There are many issues which can lead to bad accuracy from model mismatches to software bugs. See accuracy guide for more detailed information on how to debug the accuracy problems. Once you figured out the reason is in the model mismatch you can try to adapt existing models to get better performance.
Please note that we focus on the models which work equally well in any conditions and we spend a lot of time on training them, so training from scratch is very rarely a great solution. In most cases you’d better adapt the existing model than train a new one.
There are four levels of adaptation you can apply:
- Update our small models in runtime with the list of words to recognize
- Update our small models offline with the language model from texts
- Update language model and the dictionary inside the big model
- Finetune acoustic model on your data
Here we cover those methods:
Updating recognizer vocabulary in runtime
Vosk-API supports online modification of the vocabulary. See the demo code for details.
Note that big models with static graphs do not support this modification, you need a model with dynamic graph.
Updating the language model
The Kaldi model used in Vosk is compiled from 3 data sources:
- acoustic model
- language model
You can rebuild all three with different level of effort, but sometimes you just need to adjust the probability of the words to improve the recognition. For that it is enough to recompile the language model from the text. To do that
Take a text that reflects the speech you want to recognize
Remove punctuation, convert everything to the lowercase, you can do it with a python script
- Build openfst and opengrm inside kaldi
export KALDI_ROOT=`pwd`/kaldi git clone https://github.com/kaldi-asr/kaldi cd kaldi/tools make # install all required dependencies and repeat `make` if needed extras/install_opengrm.sh
- Now lets build a grammar
export PATH=$KALDI_ROOT/tools/openfst/bin:$PATH export LD_LIBRARY_PATH=$KALDI_ROOT/tools/openfst/lib/fst cd model fstsymbols --save_osymbols=words.txt Gr.fst > /dev/null farcompilestrings --fst_type=compact --symbols=words.txt --keep_symbols text.txt | \ ngramcount | ngrammake | \ fstconvert --fst_type=ngram > Gr.new.fst mv Gr.new.fst Gr.fst
Use created Gr.fst instead of standard one in your model.

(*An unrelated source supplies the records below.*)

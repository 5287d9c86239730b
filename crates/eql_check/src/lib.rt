//! The kinds of expressions, and the check of a query against a mapping. specs/ also defines what conditions mean: Truth,
//! with Functions, Comparisons, Arithmetic and ThreeValued.
#![tactic(auto)]

mod calls;
mod checked;
mod expression;
mod function;
mod items;
mod json;
mod judge;
mod keys;
mod kinds;
mod laws;
mod limits;
mod mapping;
mod message;
mod parts;
mod refused;
mod used;

pub use checked::{Checked, conditions_are_bool, operators_meet_kinds};
pub use function::Function;
pub use json::read_json;
pub use judge::{can_check, check};
pub use kinds::{holds_field, is_null};
pub use laws::{
    check_is_exact, connectives_read, floors_are_exact, kinds_are_exact, kinds_are_kept,
    kinds_are_met, texts_by_characters,
};
pub use mapping::{MapRefused, Mapping};
pub use refused::CheckRefused;
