// A trace, part by part: whole records are put to the door one after the other, and what is printed of them is put behind what a buffer has. What
// is left over of a part goes before the next one. `specs/Parts.antt` says where a trace stands between two parts.
#![tactic(auto)]

ghost use Rattle.std.specs.Prelude.{◌≡◌, ◌+◌, ◌*◌, ◌/◌, ◌≤◌, ◌<◌, ◌^◌, ◌++◌, length};
ghost use Rattle.rules.specs.Board.{printer};
ghost use Rattle.rules.specs.Requests.{request_length};
ghost use Rattle.rules.specs.Door.{door, fresh_table};
ghost use Rattle.rules.specs.Trace.{clean_area, trace_line, short_line};
ghost use Rattle.text.specs.Text.{line_text, trace_text};
ghost use Rattle.text.specs.Rooms.{line_room, short_room};
ghost use Rattle.parts.specs.LeftOver.{left_over};
ghost use Rattle.replay.specs.Replay.{Replayed};

use buffer::Buffer;
use reader::Read;

mod lent;

pub use lent::{Served, finish, serve};

// A fresh table.
pub fn fresh() -> [u8; rules::TABLE]
    ensures { result ≡ fresh_table printer }
{
    let mut t = [0u8; rules::TABLE];
    t[rules::field::USED] = 1;
    t[rules::field::PLACE] = 1;
    t[rules::field::OUTCOME] = 1;
    t[rules::field::TURN] = 10;
    t[rules::field::COUNTER] = 10;
    t[rules::KERNEL_FROM + rules::field::READY_WORD] = 1;
    t
}

// A record is served, and its line goes to `out`.
fn serve_record<const M: usize>(
    table: &mut [u8; rules::TABLE],
    request: &[u8],
    number: u64,
    out: &mut Buffer<M>,
)
    requires request_len { length request.now ≡ request_length }
    requires line_room_in_bounds { length out.old + line_room ≤ M }
    ensures table { table.new ≡ (door printer table.old request.now clean_area).table }
    ensures line { out.new ≡ out.old ++ line_text (trace_line printer number (door printer table.old request.now clean_area)) }
    ensures room { length out.new ≤ length out.old + line_room }
{
    let mut area = [0u8; rules::AREA];
    let table = &mut table[..];
    let code = kernel::speltmallet_door(table, request, &mut area);
    let value = words::word_at(&area, rules::VALUE_FROM);
    let running = records::running(table);
    // A cast: a thread's number fits in a byte.
    text::put_line(out, number, code, value, running as u8);
}

// The whole records of `input` are served, and their lines, numbered from `first` on, go to `out`. The records are those that the trace reader
// finds, which document 01 wants here.
fn replay<const M: usize>(
    table: &mut [u8; rules::TABLE],
    input: &[u8],
    first: u64,
    out: &mut Buffer<M>,
)
    requires input_bound { first + length input.now < 2 ^ 64 }
    requires line_room_in_bounds { length out.old + length input.now / request_length * line_room ≤ M }
    ensures { Replayed table.old input.now first out.old table.new out.new }
{
    let mut at: usize = 0;
    let mut number: u64 = first;
    while let Read::Record { at: record } = reader::read_from(input, at) {
        at = record + rules::REQUEST;
        serve_record(table, &input[record..at], number, out);
        number += 1;
    }
}

// The bytes of the block have come, and the next record has number `number`: the whole records among them are served, their lines go to `out`, and
// what is left over stays in the block. The number of the record after them is given back.
pub fn serve_part<const N: usize, const M: usize>(
    table: &mut [u8; rules::TABLE],
    number: u64,
    block: &mut Buffer<N>,
    out: &mut Buffer<M>,
) -> u64
    requires number_bound { number + length block.old < 2 ^ 64 }
    requires line_room_in_bounds { length out.old + length block.old / request_length * line_room ≤ M }
    ensures replayed { Replayed table.old block.old number out.old table.new out.new }
    ensures number { result ≡ number + length block.old / request_length }
    ensures block { block.new ≡ left_over block.old }
{
    replay(table, block.as_slice(), number, out);
    let n = block.len();
    let records = n / rules::REQUEST;
    block.drop_front(records * rules::REQUEST);
    // A cast: no `From` leads from a usize to it.
    number + records as u64
}

// The input has ended with so many bytes held: the line that says so, if there are any, goes to `out`.
pub fn put_end<const M: usize>(held: usize, out: &mut Buffer<M>)
    requires { length out.old + short_room ≤ M }
    ensures line { out.new ≡ out.old ++ trace_text (short_line held) }
    ensures room { length out.new ≤ length out.old + short_room }
{
    if held != 0 {
        text::put_short_line(out, held);
    }
}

For more details see OpenGRM documentation http://www.opengrm.org/twiki/bin/view/GRM/NGramLibrary
You can not introduce new words this way, that is something we will cover later.
Updating words and the vocabulary in the big models
You can rebuild the graph in the big models. For that you need to do the following:
- Prepare the lexicon in the Kaldi format
- Prepare the language model with the generic one interpolated with the domain-specific one
- Compile lexicon
- Compile the graph
- Replace graph inside the model
For more detailed guide see this post.
Adapting the acoustic model with finetuning
Adapting the acoustic model is also possible with about 1 hour of data. You can follow this issue for details.
Basically you need to collect the data, put it in the Kaldi format, then run kaldi script.
More detailed documentation of the finetuning might be helpful, we do not have it yet. Corresponding issue is tracked at vosk-api issue.